- _PROBLEM TO SOLVE_
Up to the line containing "most) == Some(number));", nothing is kept; from that line through the end of the data below, output every line exactly.
-------- SOURCE DATA --------
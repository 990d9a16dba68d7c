use byte_sink::Sink;
use std::test::Fail;
use worlds::{HostWorld, World, WorldFault};

// With no file open, and with a file that isn't there.
fn answers(world: &mut HostWorld) -> Result<(usize, usize, bool), WorldFault> {
    let mut into = [0; 3];
    let read = world.read(&mut into)?;
    let written = world.write(b"abc")?;
    world.finish()?;
    Ok((read, written, world.start_read("no/such/file").is_ok()))
}

#[test]
fn a_host_with_no_file(rt: HostRuntime) -> Result<(), Fail> {
    let mut world = HostWorld::new(rt);
    match answers(&mut world)? {
        (0, 3, false) => Ok(()),
        _ => Err("the answers with no file open")?,
    }
}
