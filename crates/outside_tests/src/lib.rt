//! Tests of the crates at the outside of the program: lists, sinks, words and worlds.
#![tactic(auto)]

#[cfg(test)]
mod confirm;
#[cfg(test)]
mod lists;
#[cfg(test)]
mod words;
#[cfg(test)]
mod worlds_in_memory;
#[cfg(test)]
mod worlds_on_the_host;
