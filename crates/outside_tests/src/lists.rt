//! Lists.

use crate::confirm::confirm;
use sequence::{NoMemory, Sequence, Text};
use std::alloc::Global;
use std::test::Fail;

#[derive(Clone, Copy, Debug, PartialEq, Eq)]
enum Colour {
    Red,
    Grey(u8),
}

// The numbers below a count.
fn numbers(alloc: Global, count: u32) -> Result<Sequence<u32>, NoMemory> {
    let mut list = Sequence::new(alloc);
    for n in 0..count {
        list.push(n)?;
    }
    Ok(list)
}

// Whether a list of three numbers and its copy are in order.
fn are_in_order(alloc: Global) -> Result<[bool; 2], NoMemory> {
    let list = numbers(alloc, 3)?;
    let copy = list.copy()?;
    let wanted = [0, 1, 2];
    Ok([
        list.as_slice() == wanted.as_slice(),
        copy.as_slice() == wanted.as_slice(),
    ])
}

#[test]
fn a_list_in_order(rt: HostRuntime) -> Result<(), Fail> {
    let are_in_order = are_in_order(rt.alloc())?;
    confirm(&rt, "in order", are_in_order == [true; 2]);
    Ok(())
}

// The length of a list of three numbers, told by itself, by its iterator and by the vector that it becomes.
fn lengths(alloc: Global) -> Result<[usize; 3], NoMemory> {
    let list = numbers(alloc, 3)?;
    let told = list.len();
    let met = list.iter().count();
    Ok([told, met, Vec::from(list).len()])
}

#[test]
fn a_list_has_a_length(rt: HostRuntime) -> Result<(), Fail> {
    let lengths = lengths(rt.alloc())?;
    confirm(&rt, "three", lengths == [3; 3]);
    Ok(())
}

// The length of the copy of a list of a million numbers, and its last number.
fn copied(alloc: Global) -> Result<(usize, Option<u32>), NoMemory> {
    let list = numbers(alloc, 1_000_000)?;
    let copy = list.copy()?;
    let last = copy.as_slice().last().copied();
    Ok((copy.len(), last))
}

#[test]
fn a_long_list(rt: HostRuntime) -> Result<(), Fail> {
    let (len, last) = copied(rt.alloc())?;
    confirm(&rt, "its length", len == 1_000_000);
    confirm(&rt, "its last number", last == Some(999_999));
    Ok(())
}

// The copy of a list of colours is equal to it.
fn colours_are_equal(alloc: Global) -> Result<bool, NoMemory> {
    let colours = [Colour::Red, Colour::Grey(7)];
    let list = Sequence::of(alloc, &colours)?;
    let copy = list.copy()?;
    Ok(copy.as_slice() == colours.as_slice())
}

#[test]
fn colours_are_copied(rt: HostRuntime) -> Result<(), Fail> {
    let equal = colours_are_equal(rt.alloc())?;
    confirm(&rt, "equal", equal);
    Ok(())
}

// A list of two texts, of which the second one is empty.
fn texts(alloc: Global) -> Result<Sequence<Text>, NoMemory> {
    let mut text = Text::of(alloc, b"one")?;
    text.append(b" more")?;
    let mut texts = Sequence::new(alloc);
    texts.push(text)?;
    texts.push(Text::new(alloc))?;
    Ok(texts)
}

// Whether a list has these two texts.
fn are_texts(texts: &[Text]) -> bool {
    match texts {
        [one, two] => one.as_slice() == b"one more".as_slice() && two.is_empty(),
        _ => false,
    }
}

// Whether the copy of a list of texts has the same texts.
fn texts_are_equal(alloc: Global) -> Result<bool, NoMemory> {
    let texts = texts(alloc)?;
    let copy = texts.copy()?;
    Ok(are_texts(copy.as_slice()))
}

#[test]
fn a_list_of_texts_is_copied(rt: HostRuntime) -> Result<(), Fail> {
    let equal = texts_are_equal(rt.alloc())?;
    confirm(&rt, "equal", equal);
    Ok(())
}
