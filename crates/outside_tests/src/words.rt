//! Lines, words and numbers of a text.

ghost use Rattle.std.specs.Prelude.{◌≤◌};

use crate::confirm::confirm;
use std::alloc::{AllocError, Global};
use std::process::Abort;
use std::test::Fail;
use text_words::{capped, integer, is_text, lines, natural, parts, words};

// A caller's cast and product, for which the clauses on the range must be enough.
fn millionths(word: &[u8]) -> Option<i64> {
    match integer(word, 9) {
        Some(z) => Some(z * 1_000_000),
        None => None,
    }
}

fn index(word: &[u8]) -> Option<u32> {
    match natural(word, 9) {
        Some(n) => Some(n as u32),
        None => None,
    }
}

// A word is this number without a sign, of at most 18 digits.
fn is_natural(rt: &impl Abort, word: &[u8], number: u64) {
    confirm(rt, "a number", natural(word, 18) == Some(number));
}

// A word is no number of so many digits.
fn is_no_natural(rt: &impl Abort, word: &[u8], most: usize)
    requires { most ≤ 18 }
{
    confirm(rt, "no number", natural(word, most).is_none());
}

// A word is this number with or without a sign, of at most 18 digits.
fn is_integer(rt: &impl Abort, word: &[u8], number: i64) {
    confirm(rt, "a signed number", integer(word, 18) == Some(number));
}

#[test]
fn numbers_as_written(rt: HostRuntime) {
    is_natural(&rt, b"000000000000000018", 18);
    is_natural(&rt, b"999999999999999999", 999_999_999_999_999_999);
    is_no_natural(&rt, b"1000000000000000000", 18);
    is_no_natural(&rt, b"1", 0);
    is_no_natural(&rt, b"/", 3);
    is_no_natural(&rt, b":", 3);
    is_integer(&rt, b"-999999999999999999", -999_999_999_999_999_999);
    is_integer(&rt, b"42", 42);
    confirm(&rt, "no sign inside", integer(b"4-2", 9).is_none());
}

#[test]
fn numbers_are_used(rt: HostRuntime) {
    let least = Some(-999_999_999_000_000);
    confirm(&rt, "a product", millionths(b"-999999999") == least);
    confirm(&rt, "a cast", index(b"999999999") == Some(999_999_999));
}

// A list of words, written one behind another with bars between them.
fn barred(alloc: Global, words: &[&[u8]]) -> Result<Vec<u8>, AllocError> {
    let mut text = Vec::new(alloc);
    for word in words {
        text.extend_from_slice(word)?;
        text.push(b'|')?;
    }
    Ok(text)
}

// A text's lines, its words and its parts between commas are these.
fn has_pieces(rt: &impl Abort, pieces: &[u8], wanted: &[u8]) {
    confirm(rt, "pieces", pieces == wanted);
}

fn barred_lines(alloc: Global, text: &[u8]) -> Result<Vec<u8>, AllocError> {
    let lines = lines(alloc, text)?;
    barred(alloc, &lines)
}

fn barred_words(alloc: Global, line: &[u8]) -> Result<Vec<u8>, AllocError> {
    let words = words(alloc, line)?;
    barred(alloc, &words)
}

fn barred_parts(alloc: Global, word: &[u8]) -> Result<Vec<u8>, AllocError> {
    let parts = parts(alloc, word, b',')?;
    barred(alloc, &parts)
}

#[test]
fn lines_of_a_text(rt: HostRuntime) -> Result<(), Fail> {
    let lines = barred_lines(rt.alloc(), b"f 1\r\n\n v  2\t3 \n")?;
    has_pieces(&rt, &lines, b"f 1\r|| v  2\t3 ||");
    Ok(())
}

#[test]
fn words_of_a_line(rt: HostRuntime) -> Result<(), Fail> {
    let words = barred_words(rt.alloc(), b" v  2\t3 ")?;
    has_pieces(&rt, &words, b"v|2|3|");
    Ok(())
}

#[test]
fn parts_of_a_word(rt: HostRuntime) -> Result<(), Fail> {
    let parts = barred_parts(rt.alloc(), b",a,,b")?;
    has_pieces(&rt, &parts, b"|a||b|");
    Ok(())
}

#[test]
fn texts_are_compared_byte_by_byte(rt: HostRuntime) {
    confirm(&rt, "equal", is_text(b"delete", b"delete"));
    confirm(&rt, "longer", !is_text(b"delete", b"deletes"));
    confirm(&rt, "shorter", !is_text(b"delete", b"delet"));
    confirm(&rt, "a capital", !is_text(b"delete", b"Delete"));
    confirm(&rt, "empty", is_text(b"", b""));
}

// A word is this number, or more where it is the greatest that is told.
fn is_capped(rt: &impl Abort, word: &[u8], most: u64, number: u64) {
    confirm(rt, "a long number", capped(word, most) == Some(number));
}

#[test]
fn numbers_of_any_length(rt: HostRuntime) {
    is_capped(&rt, b"0000000000000000000000000000042", 99, 42);
    is_capped(&rt, b"100", 99, 99);
    is_capped(&rt, b"18446744073709551615", u64::MAX, u64::MAX);
    let most = 1_000_000_001;
    is_capped(&rt, b"99999999999999999999999999999999", most, most);
    confirm(&rt, "no digit", capped(b"", 99).is_none());
    confirm(&rt, "a letter", capped(b"1x", 99).is_none());
}

// So many lines of three bytes.
fn long_text(alloc: Global, count: usize) -> Result<Vec<u8>, AllocError> {
    let mut text = Vec::new(alloc);
    for _ in 0..count {
        text.extend_from_slice(b"a b\n")?;
    }
    Ok(text)
}

// How many lines, parts and words it has.
fn counts(alloc: Global, count: usize) -> Result<[usize; 3], AllocError> {
    let text = long_text(alloc, count)?;
    let lines = lines(alloc, &text)?;
    let parts = parts(alloc, &text, b' ')?;
    let words = words(alloc, &text)?;
    Ok([lines.len(), parts.len(), words.len()])
}

#[test]
fn a_text_of_many_lines_and_words(rt: HostRuntime) -> Result<(), Fail> {
    let counts = counts(rt.alloc(), 100_000)?;
    confirm(&rt, "counts", counts == [100_001; 3]);
    Ok(())
}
--------
- _REPLY TO THE EXERCISE_
    confirm(rt, "a long number", capped(word, most) == Some(number));
}

#[test]
fn numbers_of_any_length(rt: HostRuntime) {
    is_capped(&rt, b"0000000000000000000000000000042", 99, 42);
    is_capped(&rt, b"100", 99, 99);
    is_capped(&rt, b"18446744073709551615", u64::MAX, u64::MAX);
    let most = 1_000_000_001;
    is_capped(&rt, b"99999999999999999999999999999999", most, most);
    confirm(&rt, "no digit", capped(b"", 99).is_none());
    confirm(&rt, "a letter", capped(b"1x", 99).is_none());
}

// So many lines of three bytes.
fn long_text(alloc: Global, count: usize) -> Result<Vec<u8>, AllocError> {
    let mut text = Vec::new(alloc);
    for _ in 0..count {
        text.extend_from_slice(b"a b\n")?;
    }
    Ok(text)
}

// How many lines, parts and words it has.
fn counts(alloc: Global, count: usize) -> Result<[usize; 3], AllocError> {
    let text = long_text(alloc, count)?;
    let lines = lines(alloc, &text)?;
    let parts = parts(alloc, &text, b' ')?;
    let words = words(alloc, &text)?;
    Ok([lines.len(), parts.len(), words.len()])
}

#[test]
fn a_text_of_many_lines_and_words(rt: HostRuntime) -> Result<(), Fail> {
    let counts = counts(rt.alloc(), 100_000)?;
    confirm(&rt, "counts", counts == [100_001; 3]);
    Ok(())
}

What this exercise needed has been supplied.